When it comes to strong cybersecurity, endpoints and servers have often been second-class citizens when compared to the network. I described this situation in a March 2013 blog post. According to ESG research, 58% of security professionals working at enterprise organizations (i.e. more than 1,000 employees) said that network security processes, skills, and technical controls were “much more thorough” or “somewhat more thorough” than server security processes, skills, and technical controls.
Why the discrepancy? Network security includes mature technologies like firewalls, IDS/IPS, and Web Application Firewalls (WAFs). Furthermore, network security often involves a lot of network design and engineering for segmentation, access control, and traffic management. Alternatively, endpoint and server security is typically based on nothing more than AV software and its associated signature downloads and occasional scans.
This created a cybersecurity imbalance that can be easily exploited. Once cybercriminals and hackers navigate around the network, endpoints are sitting ducks for zero-day attacks, phishing scams, or drive-by downloads.
Driven by the increasingly dangerous threat landscape, targeted attacks, and a series of highly-visible security breaches, the cybersecurity duopoly situation is finally starting to change.
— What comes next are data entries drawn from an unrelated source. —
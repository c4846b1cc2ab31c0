// What is promised of a text to watch: definitions and theorems, no code.
#![tactic(auto)]
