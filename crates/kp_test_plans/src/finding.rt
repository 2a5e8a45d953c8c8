//! The actions that the steps of a plan name.
ghost use Rattle.std.specs.Prelude.{◌≡◌, IfOk, length};

use kp_base::{Action, Atoms, Ground, GroundName, LitSet, Memory, Refused, Row, Stop, Text};
use kp_plans::{find_steps, read_plan};
use std::alloc::Global;

// A name without objects.
fn name(alloc: Global, head: &str) -> Result<GroundName, Memory> {
    Ok(GroundName {
        head: Text::from_slice(alloc, head.as_bytes())?,
        objects: Row::new(alloc),
    })
}

// An action that does nothing.
fn action(alloc: Global, head: &str) -> Result<Action, Memory> {
    Ok(Action {
        name: name(alloc, head)?,
        pre: LitSet::new(alloc),
        effects: Row::new(alloc),
    })
}

// A ground problem with these two actions.
fn two_actions(alloc: Global, first: &str, second: &str) -> Result<Ground, Memory>
    ensures { IfOk result (λ form. length form.actions ≡ 2) }
{
    let mut actions = Row::new(alloc);
    actions.push(action(alloc, first)?)?;
    actions.push(action(alloc, second)?)?;
    Ok(Ground {
        atoms: Row::new(alloc),
        table: Atoms::new(alloc),
        actions,
        goal: LitSet::new(alloc),
    })
}

// The numbers of the actions that a plan file names, of two actions.
fn found(alloc: Global, actions: (&str, &str), plan: &str) -> Result<Row<u32>, Stop> {
    if plan.len() > 1000 {
        return Err(Stop::Memory);
    }
    let steps = read_plan(alloc, plan.as_bytes())?;
    if steps.len() > 1000 {
        return Err(Stop::Memory);
    }
    let form = two_actions(alloc, actions.0, actions.1)?;
    let found = find_steps(alloc, &form, &steps);
    drop(form);
    drop(steps);
    found
}

// Whether these are the numbers.
fn finds(alloc: Global, actions: (&str, &str), plan: &str, numbers: &[u32]) -> bool {
    match found(alloc, actions, plan) {
        Ok(row) => row.slice() == numbers,
        Err(_) => false,
    }
}

// Whether the step of this number is told as unknown.
fn is_unknown(alloc: Global, plan: &str, number: u32) -> bool {
    match found(alloc, ("a", "b"), plan) {
        Err(Stop::Refused(Refused::StepUnknown { step })) => step == number,
        _ => false,
    }
}

#[test]
fn steps_with_a_number(rt: HostRuntime) {
    assert!(rt; finds(rt.alloc(), ("a", "b"), "(b)(a)(B)", &[1, 0, 1]));
    assert!(rt; finds(rt.alloc(), ("a", "a"), "(a)", &[0]));
    assert!(rt; finds(rt.alloc(), ("a", "b"), "", &[]));
}

#[test]
fn steps_with_none(rt: HostRuntime) {
    for (plan, number) in [("(c)", 1), ("(a)(b)(a b)(c)", 3)] {
        assert!(rt; is_unknown(rt.alloc(), plan, number), "{plan}");
    }
}
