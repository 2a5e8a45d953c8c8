//! Plan files: the names of their steps, the places of these, and refusals.

use kp_base::{GroundName, Memory, Part, Place, Refused, Row, Stop};
use kp_plans::{PlanStep, plan_text, read_plan};
use std::alloc::Global;

// The place of a byte of a plan file.
fn at(line: u32, byte: u32) -> Place {
    Place {
        part: Part::Plan,
        line,
        byte,
    }
}

// The steps of a plan file that isn't long.
fn read(alloc: Global, plan: &[u8]) -> Result<Row<PlanStep>, Stop> {
    if plan.len() > 1000 {
        return Err(Stop::Memory);
    }
    read_plan(alloc, plan)
}

fn names(alloc: Global, steps: Row<PlanStep>) -> Result<Row<GroundName>, Memory> {
    let mut names = Row::new(alloc);
    for step in steps.into_vec() {
        names.push(step.name)?;
    }
    Ok(names)
}

// The steps of a plan file as they are printed.
fn printed(alloc: Global, plan: &[u8]) -> Result<Row<u8>, Stop> {
    let steps = read(alloc, plan)?;
    let names = names(alloc, steps)?;
    Ok(plan_text(alloc, &names)?)
}

// Whether the steps of a plan file are printed so.
fn prints(alloc: Global, plan: &[u8], text: &str) -> bool {
    match printed(alloc, plan) {
        Ok(found) => found.slice() == text.as_bytes(),
        Err(_) => false,
    }
}

fn are_at(steps: &[PlanStep], places: &[(u32, u32)]) -> bool {
    steps.len() == places.len()
        && steps
            .iter()
            .zip(places)
            .all(|(step, (line, byte))| step.place == at(*line, *byte))
}

// Whether the names of the steps stand in these lines, at these bytes.
fn stand_at(alloc: Global, plan: &[u8], places: &[(u32, u32)]) -> bool {
    match read(alloc, plan) {
        Ok(steps) => are_at(steps.slice(), places),
        Err(_) => false,
    }
}

// Whether a plan file is refused for its grammar here.
fn refuses(alloc: Global, plan: &[u8], place: Place) -> bool {
    matches!(read(alloc, plan), Err(Stop::Refused(Refused::PlanSyntax(found))) if found == place)
}

// Whether a plan file is refused for a byte here, which begins no token.
fn has_bad_byte(alloc: Global, plan: &[u8], place: Place) -> bool {
    matches!(read(alloc, plan), Err(Stop::Refused(Refused::BadToken(found))) if found == place)
}

// Files with no line feed at their end, in upper case, with comments and with other blanks.
#[test]
fn plans(rt: HostRuntime) {
    let table: [(&[u8], &str, &[(u32, u32)]); 7] = [
        (b"", "", &[]),
        (b" \t\r\n", "", &[]),
        (b"; (a)", "", &[]),
        (b"(a)", "(a)\n", &[(1, 1)]),
        (b"(GO-To A_1 b)\n", "(go-to a_1 b)\n", &[(1, 1)]),
        (
            b"; \xff?(\r\n( a;b)\n c\n)(and)\n\n;(d)\n(not 1)",
            "(a c)\n(and)\n(not 1)\n",
            &[(2, 9), (4, 19), (7, 31)],
        ),
        (b"(a)(a)", "(a)\n(a)\n", &[(1, 1), (1, 4)]),
    ];
    for (plan, text, places) in table {
        assert!(rt; prints(rt.alloc(), plan, text), "{text}");
        assert!(rt; stand_at(rt.alloc(), plan, places), "{text}");
    }
}

// The grammar stops at another token, or at the end.
#[test]
fn offending_tokens(rt: HostRuntime) {
    let table = [
        ("a", 1, 0),
        ("(a", 1, 2),
        ("(a b\n", 2, 5),
        ("(", 1, 1),
        ("()", 1, 1),
        ("((a))", 1, 1),
        ("(?x)", 1, 1),
        ("(:a)", 1, 1),
        ("(a ?x)", 1, 3),
        ("(a - b)", 1, 3),
        ("(a (b))", 1, 3),
        ("(a))", 1, 3),
        ("(a)\n; (\n 1", 3, 9),
    ];
    for (plan, line, byte) in table {
        assert!(rt;
            refuses(rt.alloc(), plan.as_bytes(), at(line, byte)),
            "{plan}"
        );
    }
}

// A byte that begins no token is told before any token.
#[test]
fn bad_bytes(rt: HostRuntime) {
    let table = [
        ("0: (a)", 1, 1),
        ("(a) [1]", 1, 4),
        ("()\n\n(a ?)", 3, 7),
        ("(_a)", 1, 1),
    ];
    for (plan, line, byte) in table {
        assert!(rt;
            has_bad_byte(rt.alloc(), plan.as_bytes(), at(line, byte)),
            "{plan}"
        );
    }
}
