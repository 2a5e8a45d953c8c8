//! Names as words.

use kp_base::{GroundName, Memory, Text};
use kp_plans::{decode_name, encode_name};
use std::alloc::Global;

// Whether the texts are these.
fn are(texts: &[Text], wanted: &[&str]) -> bool {
    texts.len() == wanted.len()
        && texts
            .iter()
            .zip(wanted)
            .all(|(text, wanted)| text.slice() == wanted.as_bytes())
}

// Whether the name has this head and these objects.
fn is_named(name: &GroundName, head: &str, objects: &[&str]) -> bool {
    name.head.slice() == head.as_bytes() && are(name.objects.slice(), objects)
}

// The name that a word stands for.
fn named(alloc: Global, word: &str) -> Result<Option<GroundName>, Memory> {
    let word = Text::from_slice(alloc, word.as_bytes())?;
    decode_name(alloc, &word)
}

// Whether the word stands for the name.
fn stands_for(alloc: Global, word: &str, head: &str, objects: &[&str]) -> bool {
    match named(alloc, word) {
        Ok(Some(name)) => is_named(&name, head, objects),
        _ => false,
    }
}

// Whether the word stands for no name.
fn stands_for_none(alloc: Global, word: &str) -> bool {
    matches!(named(alloc, word), Ok(None))
}

// The word of the name that the word stands for.
fn word_again(alloc: Global, word: &str) -> Result<Option<Text>, Memory> {
    let text = Text::from_slice(alloc, word.as_bytes())?;
    match decode_name(alloc, &text)? {
        Some(name) => Ok(Some(encode_name(alloc, &name)?)),
        None => Ok(None),
    }
}

// Whether the name that the word stands for is written as the word.
fn is_written_so(alloc: Global, word: &str) -> bool {
    match word_again(alloc, word) {
        Ok(Some(again)) => again.slice() == word.as_bytes(),
        _ => false,
    }
}

#[test]
fn words_of_names(rt: HostRuntime) {
    let table: [(&str, &str, &[&str]); 5] = [
        ("go__to_-a__1", "go_to", &["a_1"]),
        ("a", "a", &[]),
        ("a_-b_-c", "a", &["b", "c"]),
        ("a-b", "a-b", &[]),
        ("____-x", "__-x", &[]),
    ];
    for (word, head, objects) in table {
        assert!(rt; stands_for(rt.alloc(), word, head, objects), "{word}");
        assert!(rt; is_written_so(rt.alloc(), word), "{word}");
    }
}

#[test]
fn words_of_no_name(rt: HostRuntime) {
    for word in ["a_b", "a_", "a_-", "", "_-a", "a_-_-b", "a___b", "_"] {
        assert!(rt; stands_for_none(rt.alloc(), word), "{word}");
    }
}
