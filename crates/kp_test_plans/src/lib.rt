//! Tests of names as words and of plans as text, on values that were written by hand. There is nothing else here.
#![tactic(auto)]

#[cfg(test)]
mod finding;
#[cfg(test)]
mod names;
#[cfg(test)]
mod reading;
#[cfg(test)]
mod stripping;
In a recently published ESG research report titled Network Security Trends in the Era of Cloud and Mobile Computing, ESG asked enterprise security professionals whether their organizations were engaged in any type of project to integrate anti-malware and analytics on networks and endpoints. The responses were as follows:
- 22% said, yes, their organizations were integrated network and endpoint anti-malware and analytics “extensively.”
- 39% said, yes, their organizations were integrated network and endpoint anti-malware and analytics “somewhat.”
ESG also created a scoring system to segment the survey populations into three sub-groups, advanced, progressing, and basic organizations. It is interesting to note that 65% of advanced organizations said they were integrating network and endpoint anti-malware and analytics “extensively.”
Endpoint/network security integration makes sense. When malware or suspicious traffic is detected on the network, security analysts can then cross correlate this intelligence with granular endpoint activities like network connections, file downloads, in-memory processes, etc. This is certainly a much more thorough and timely analytics methodology than poking around networks and endpoints independently.
Given this demand-side behavior change, it is not surprising to see so many security vendors jumping on the bandwagon. Just this week, RSA Security announced new versions of its Security Analytics and ECAT (endpoint forensics) software with tight integration between the two. Similarly, Guidance Software announced a partnership with HP ArcSight to bring endpoint forensics to SIEM. A long list of other vendors, including Bit9, Cisco, FireEye, IBM, LogRhythm, McAfee, Palo Alto Networks, and Trend Micro, also recognize endpoint/network security alignment and are developing products, acquiring startups, or establishing partnerships accordingly.
We are off to a good start, but everyone (i.e. users, vendors, service providers, etc.) needs to pick up the pace. There are still too many organizations that haven’t integrated endpoint and network security, and others don’t even realize what a good idea this is. As an industry, we need to promote this model, trumpet its benefits, and educate laggards as soon as possible. After all, our critical infrastructure, businesses, and personal data is at stake.